Solutions to Enterprise High Performance Computing Challenges
While all HPC systems face challenges in workload demand, workflow constraints, resource complexity, and system scale, enterprise HPC systems face more stringent challenges and expectations. Enterprise HPC systems must meet mission-critical and priority HPC workload demands for commercial businesses, business-oriented research, and academic organizations. The Enterprise has requirements for dynamic scheduling, provisioning and management of multi-step/multi-application services across HPC, cloud, and big data environments. Their workloads directly impact revenue, product delivery, and organizational objectives.
Enterprise HPC systems must process intensive simulation and data analysis more rapidly, accurately and cost-effectively to accelerate insights. By improving workflow and eliminating job delays and failures, the business can more efficiently leverage data to make data-driven decisions and achieve a competitive advantage. The Enterprise is also seeking to improve resource utilization and manage efficiency across multiple heterogeneous systems. User productivity must increase to speed the time to discovery, making it easier to access and use HPC resources and expand to other resources as workloads demand.
Enterprise-Ready HPC Workload Management
Moab® HPC Suite – Enterprise Edition accelerates insights by unifying data center resources, optimizing the analysis process, and guaranteeing services to the business. Moab 8.1 for HPC systems and HPC cloud continually meets enterprise priorities through increased productivity, automated workload uptime, and consistent SLAs. It uses the battle-tested and patented Moab intelligence engine to automatically balance the complex, mission-critical workload priorities of enterprise HPC systems. Enterprise customers benefit from a single integrated product that brings together key Enterprise HPC capabilities, implementation services, and 24/7 support.

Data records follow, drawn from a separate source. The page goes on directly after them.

// Reading a grade: the longest log that more than half of all senders support. The majority is followed from block to block: its
// followers are those whose log starts so. One pass over the followers serves eight blocks where the majority stays with the sender
// walked along with, and one block where it leaves.
ghost use Rattle.std.specs.Prelude.{◌≡◌, ◌&&◌, ◌+◌, ◌≤◌, ◌<◌, eqb, leb, ltb, length, get_or};
ghost use Rattle.message.specs.Limits.{most_blocks};
ghost use Rattle.message.specs.Logs.{same_block};
ghost use Rattle.message.specs.Store.{block_at};
ghost use Rattle.agreement.specs.Limits.{most_senders, place_of};
ghost use Rattle.agreement.specs.Sets.{ones};
ghost use Rattle.agreement.specs.Reading.{longest};
ghost use Rattle.agreement.specs.Record.{agreement_from, reading_of};
ghost use Rattle.agreement.specs.Grades.{Gives, grade_among, snapshot_for, grade_of};
ghost use Rattle.agreement.specs.Steps.{Readable, SetOf, Chunk, next_block, narrowed, chunk_length, alike, narrowed_by, Far};
ghost use Rattle.agreement.specs.Steps.{MajorityAt, Extending, Extended};

use super::logs::{Logs, readable};
use super::room::place_of;
use super::sets::{filtered, in_both, members, size};
use super::tally::senders;
use super::{Longest, Marks, Snapshot, snapshot_now};
use message::MOST_BLOCKS;

// How many blocks are looked at together where the majority may go on.
const CHUNK: usize = 8;

impl<'a> Logs<'a> {
    // The block at a is the block at b. Kept as two comparisons without a branch, on the walk that costs most.
    fn same_block(&self, a: usize, b: usize) -> bool
        requires { ((a < length self.now.names.now) × (b < length self.now.names.now)) ×
            ((a < length self.now.counts.now) × (b < length self.now.counts.now)) }
        ensures { result ≡ same_block (block_at self.now.names.now self.now.counts.now a)
            (block_at self.now.names.now self.now.counts.now b) }
    {
        (self.names[a] == self.names[b]) & (self.counts[a] == self.counts[b])
    }

    // The blocks that stand after l blocks at two senders' places are the same.
    fn same_next(&self, l: usize, i: usize, j: usize) -> bool
        requires { (l < most_blocks) × ((i < most_senders) × (j < most_senders)) }
        ensures { result ≡ same_block (next_block self.now.names.now self.now.counts.now self.now.base l i)
            (next_block self.now.names.now self.now.counts.now self.now.base l j) }
    {
        self.same_block(place_of(self.base, i) + l, place_of(self.base, j) + l)
    }

    // Sender j's log goes on after l blocks with this block.
    fn goes_on(&self, l: usize, name: u64, count: u16, j: usize) -> bool
        requires { (l < most_blocks) × (j < most_senders) }
        ensures { result ≡ (ltb l (get_or self.now.lengths.now j 0) &&
            (eqb name (get_or self.now.names.now (place_of self.now.base j + l) 0) && eqb count (get_or self.now.counts.now (place_of self.now.base j + l) 0))) }
    {
        let b = self.base as usize + MOST_BLOCKS * j + l;
        (l < usize::from(self.lengths[j])) & ((name == self.names[b]) & (count == self.counts[b]))
    }

    // Of the followers, those whose log goes on after l blocks with the block that stands there at sender c's place.
    fn narrow(&self, followers: u32, l: usize, c: usize) -> u32
        requires { (l < most_blocks) × (c < most_senders) }
        ensures { SetOf
            (narrowed self.now.names.now self.now.counts.now self.now.base self.now.lengths.now followers l
            (next_block self.now.names.now self.now.counts.now self.now.base l c)) most_senders result }
    {
        let a = self.base as usize + MOST_BLOCKS * c + l;
        let name = self.names[a];
        let count = self.counts[a];
        filtered(followers, |j| self.goes_on(l, name, count, j))
    }

    // The chunk of blocks at a is the chunk of blocks at b.
    fn same_chunk(&self, a: usize, b: usize) -> bool
        requires { ((a + chunk_length ≤ length self.now.names.now) × (b + chunk_length ≤ length self.now.names.now)) ×
            ((a + chunk_length ≤ length self.now.counts.now) × (b + chunk_length ≤ length self.now.counts.now)) }
        ensures { result ≡ alike self.now.names.now self.now.counts.now a b chunk_length }
    {
        let mut same = true;
        for i in 0..CHUNK {
            same = same & self.same_block(a + i, b + i);
        }
        same
    }

    // Sender j's log goes on after l blocks with the chunk of blocks at a. Kept beside `goes_on`, whose one block is read before the walk.
    fn chunk_goes_on(&self, l: usize, a: usize, j: usize) -> bool
        requires { Chunk self.now.names.now self.now.counts.now l a j }
        ensures { result ≡ (leb (l + chunk_length) (get_or self.now.lengths.now j 0) && alike self.now.names.now self.now.counts.now a
            (place_of self.now.base j + l) chunk_length) }
    {
        let b = self.base as usize + MOST_BLOCKS * j + l;
        let blocks = usize::from(self.lengths[j]);
        (l + CHUNK <= blocks) & self.same_chunk(a, b)
    }

    // Of the followers, those whose log goes on after l blocks with the chunk of blocks that stands there at sender c's place.
    fn narrow_chunk(&self, followers: u32, l: usize, c: usize) -> u32
        requires { (l + chunk_length ≤ most_blocks) × (c < most_senders) }
        ensures { SetOf
            (narrowed_by self.now.names.now self.now.counts.now self.now.base self.now.lengths.now followers l c chunk_length) most_senders result }
    {
        let a = self.base as usize + MOST_BLOCKS * c + l;
        filtered(followers, |j| self.chunk_goes_on(l, a, j))
    }

    // The same where l is a number of whole chunks, and nobody elsewhere: a chunk in which the majority leaves is taken block by block.
    fn narrow_far(&self, followers: u32, l: usize, c: usize) -> u32
        requires { (l < most_blocks) × (c < most_senders) }
        ensures { Far self.now.names.now self.now.counts.now self.now.base self.now.lengths.now followers l c result }
    {
        if l % CHUNK == 0 {
            return self.narrow_chunk(followers, l, c);
        }
        0
    }

    // A sender that has, after l blocks, the block that more than half of the followers have there, if there is one: a majority
    // vote (Boyer and Moore), in one pass.
    fn majority_sender(&self, followers: u32, l: usize, who: usize) -> usize
        requires { (l < most_blocks) × (who < most_senders) }
        ensures { MajorityAt self.now.names.now self.now.counts.now self.now.base followers l who result }
    {
        let mut best = who;
        let mut weight: usize = 0;
        for (j, _) in members(followers) {
            if weight == 0 {
                best = j;
                weight = 1;
            } else if self.same_next(l, best, j) {
                weight += 1;
            } else {
                weight -= 1;
            }
        }
        best
    }

    // The longest log with the grade, where the empty log has it. The next blocks are first looked for at `who`, which nearly always
    // stays with the majority; where it has left, a majority vote tells whom to walk along with, or that nothing longer has the grade.
    fn extend(&self, may: u32, all: usize) -> Option<Longest>
        requires { Extending may all }
        ensures { Extended self.now.names.now self.now.counts.now self.now.base self.now.lengths.now may all result }
    {
        let mut followers = may;
        let mut who = 0;
        let mut l = 0;
        // Kept a `while`: a turn goes on by a chunk of blocks or by one.
        while l < MOST_BLOCKS {
            let far = self.narrow_far(followers, l, who);
            if all < 2 * size(far) {
                followers = far;
                l += CHUNK;
                continue;
            }
            let near = self.narrow(followers, l, who);
            if all < 2 * size(near) {
                followers = near;
                l += 1;
                continue;
            }
            let c = self.majority_sender(followers, l, who);
            let next = self.narrow(followers, l, c);
            if all < 2 * size(next) {
                followers = next;
                who = c;
                l += 1;
                continue;
            }
            return Some(longest_at(who, l));
        }
        Some(longest_at(who, l))
    }

    // The longest log with the grade. The empty log has it where more than half of S may support: if it has not, no log has.
    fn find(&self, g: Marks, among: u32) -> Option<Longest>
        ensures { Gives
            (longest most_senders ones
            (reading_of self.now.names.now self.now.counts.now self.now.base (agreement_from g self.now.lengths.now) among)) self.now.names.now
            self.now.counts.now self.now.base result }
    {
        let may = in_both(g.voters, among);
        let all = senders(g);
        if all < 2 * size(may) {
            return self.extend(may, all);
        }
        None
    }
}

// The l blocks at sender i's place.
fn longest_at(i: usize, l: usize) -> Longest
    requires { (i < most_senders) × (l ≤ most_blocks) }
    ensures { (result.sender ≡ i) × (result.blocks ≡ l) }
{
    Longest {
        sender: i as u8,
        blocks: l as u8,
    }
}

// The longest log with the grade, or none where the record has a length over 64 or the lists lack room for its logs.
fn grade_among(
    names: &[u64],
    counts: &[u16],
    lengths: &[u8; 32],
    g: Marks,
    among: u32,
    base: u32,
) -> Option<Longest>
    ensures { Gives (grade_among names.now counts.now base (agreement_from g lengths.now) among)
        names.now counts.now base result }
{
    readable(names, counts, lengths, base)?.find(g, among)
}

// The snapshot that serves this grade: none serves grade 0, which V now stands in for. Kept a number, here and in `grade`: any is answered,
// and an enum would ask more of the caller.
pub fn serving(g: Marks, grade: u8) -> Snapshot
    ensures { result ≡ snapshot_for grade g }
{
    if grade == 0 {
        return snapshot_now(g);
    }
    if grade == 1 {
        return g.two;
    }
    g.one
}

// The longest log with grade 0, 1 or 2; none where the snapshot that serves it was not taken.
pub fn grade(
    g: Marks,
    lengths: &[u8; 32],
    names: &[u64],
    counts: &[u16],
    base: u32,
    grade: u8,
) -> Option<Longest>
    ensures { Gives (grade_of names.now counts.now base (agreement_from g lengths.now) grade)
        names.now counts.now base result }
{
    let s = serving(g, grade);
    if s.taken == 0 {
        return None;
    }
    grade_among(names, counts, lengths, g, s.senders, base)
}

It is imperative to automate workload workflows to speed time to discovery. The following new use cases play a key role in improving overall system performance:
- Elastic Computing – unifies data center resources by assisting the business management resource expansion through bursting to private/public clouds and other data center resources utilizing OpenStack as a common platform
- Performance and Scale – optimizes the analysis process by dramatically increasing TORQUE and Moab throughput and scalability across the board
- Tighter cooperation between Moab and Torque – harmonizing these key structures to reduce overhead and improve communication between the HPC scheduler and the resource manager(s)
- More Parallelization – increasing the decoupling of Moab and TORQUE’s network communication so Moab is less dependent on TORQUE’S responsiveness, resulting in a 2x speed improvement and shortening the duration of the average scheduling iteration in half
- Accounting Improvements – allowing toggling between multiple modes of accounting with varying levels of enforcement, providing greater flexibility beyond strict allocation options. Additionally, new up-to-date accounting balances provide real-time insights into usage tracking.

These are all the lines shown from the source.